Tag Archives: winter trees

All of Nature is God’s Art

“All of Nature is God’s Art”  Attributed to Dante Alighieri.

“Live in each season as it passes; breathe the air, drink the drink, taste the fruit, and resign yourself to the influence of the earth.”  Henry David Thoreau, Walden

Norman Bird SanctuaryA local townsperson from forty or so years ago in Mount Vernon, Maine, taught in the English Department at the University of Maine. She grumbled to us once at one of her parties that the brilliant fall gold and red display of maples and birch and poplar was disturbingly garish, a vulgar excess that lures the tourists. The leaf peepers travel by the busload to northern New England and upstate New York each year to gawk and to raise the rates in the hotels and restaurants, filling the hospitality business gaps between the summer lakes splendor and the ski season. The leaf colors are enabled by the slow final ruin of the chlorophyll [ii]at summer’s end. The splendid trees benefit the local economy, but their beauty backs up the lines at the breakfast haunts of the regulars, so I understand her peevish response. Small inconvenience, really, though, and a good trade off anytime.

I have come also to appreciate more the muted burnt umber and crimsons of the late oaks and the more refined yellows of the beeches of late fall. The maples, ashes, birch, and poplar have abandoned their now brown leaves to lawns, gutters on our house, and forest floors. The oaks too slowly give up their summer, and the winter branches appear with their intricacy, delicacy, order, design, and strength displaying ever more clearly. The latent beauty in the structure of the tree emerges, the form developed year over year, cell by cell, a miracle of biology and geometry and design. Rarely in nature are purpose, structure, and function unrelated; what serves beauty, serves also for essence, form, and survival. The winter sky provides a perfect backdrop to feature the winter bare tree branches. As much as I take delight in the fragile spring green and flowers, the lush summer foliage, and the autumn brilliance, the spare precision of the naked branches is most welcome. Their quiet and deep peace signal the annual winter retreat.

“The sun, with all those planets revolving around it and dependent on it, can still ripen a bunch of grapes as if it had nothing else in the universe to do.”  Galileo Galilei   

Ellie's winter tree in pastelsIt has been written that the Holy Spirit is the Love proceeding from the Father and the Son within the Community of Love that is the Trinity of the Godhead.  One of the key stories in the Christmas narratives occurs when Mary comes to help her also pregnant cousin after Mary began carrying the Christ child within her. In the presence of the baby Jesus, Elizabeth was filled with the Holy Spirit; she was participating in the mysterious inner life of God.

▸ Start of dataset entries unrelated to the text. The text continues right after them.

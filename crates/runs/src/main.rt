// Runs cases through the compiled code, and says what came of each. Cases are data: `args` names the files of the folder `data` that are run, one
// after the other. A file of the folder `desk` is an input of the program `desk`, and is run as that program runs it; every other file has a case
// on each line. Its call is made through the function for C (`ofb`) where there is one. `stdout` has what is said: the name of each file, and
// below it the desk's lines, or each line with what came of it. Assumes what std does of the C functions below it.
#![tactic(auto)]

mod books;
mod cases;
mod forms;
mod input;
mod kinds;
mod orders;
mod stored;

use std::env::{Env, FillError};
use std::io;

// The bytes that a name may have; a longer one counts as empty.
const MOST_NAME: usize = 64;

// Runs each file that the arguments name. They are taken one by one, since `env::args` answers none where one is not UTF-8.
fn main(rt: HostRuntime) -> io::Result<()> {
    let mut name = [0u8; MOST_NAME];
    for i in 1..usize::MAX {
        match rt.arg(i, &mut name) {
            Ok(n) => input::run(&rt, &name[..n])?,
            Err(FillError::TooLong) => input::run(&rt, b"")?,
            Err(FillError::NotPresent) => break,
        }
    }
    Ok(())
}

Human beings as their most noble calling possess the capacity to share in that inner life.

So how do these seemingly unrelated thoughts connect to the fall displays in New England and our capacity to be taken by them?  I suggest this: that human beings possess the power of creating beauty and appreciating natural beauty by the same capacity that was imbued in them as being made in the “image and likeness of God.” This capacity is not simply a function of neurons and synapses but is spiritual in its origins; our relation to beauty is miracle.

An eleven-year-old girl[iii] has the same spiritual capacity as Michelangelo or Da Vinci or you and me.Ellie's chipmunk None of us likely has the same degree or skill or eye, but the capacity for beauty exists by our nature. Imago Dei, in the Image of God, are undeserved gifts to us in our nature and our souls. The senses are there; the mind is there; the heart is there; the soul is there for all of us.

Let us rejoice and wonder and be grateful as our eyes, our hearts and our souls are full.

“The best remedy for those who are afraid, lonely or unhappy is to go outside, somewhere where they can be quite alone with the heavens, nature and God. Because only then does one feel that all is as it should be and that God wishes to see people happy, amidst the simple beauty of nature. Anne Frank, “The Diary of a Young Girl”

[ii] As the days shorten and the nights lengthen at the end of the summer, this signals the trees to create an abscission layer which hardens the tender ends of the twigs to protect them when the leaves finally fall. This response to the diminishing light cuts off the supply of nutrients necessary to replenish the chlorophyll in the leaves. When it stops replenishing, the leaf begins to die. Chlorophyll constantly breaks down as it participates in the photosynthesis that produces nutrients for the tree and remarkably replenishes the sweet air that we sense near them as the photosynthesis uses carbon dioxide and water on the input side and “exhales” pure oxygen along with the glucose that provides the tree with all its energy. Chlorophyll also makes the leaves green. As it breaks down toward the end of the season, the carotenoids and anthocyanins show forth. Carotenoids were present all summer but were masked by the power of the green. In the fall, they get to show off their stuff before the leaves wither and fall.

[iii] Drawings by Elena Barek, who is eleven. Granddaughter with an eye, a heart, and a soul. Winter tree in pastels and Chipmunk in pencil.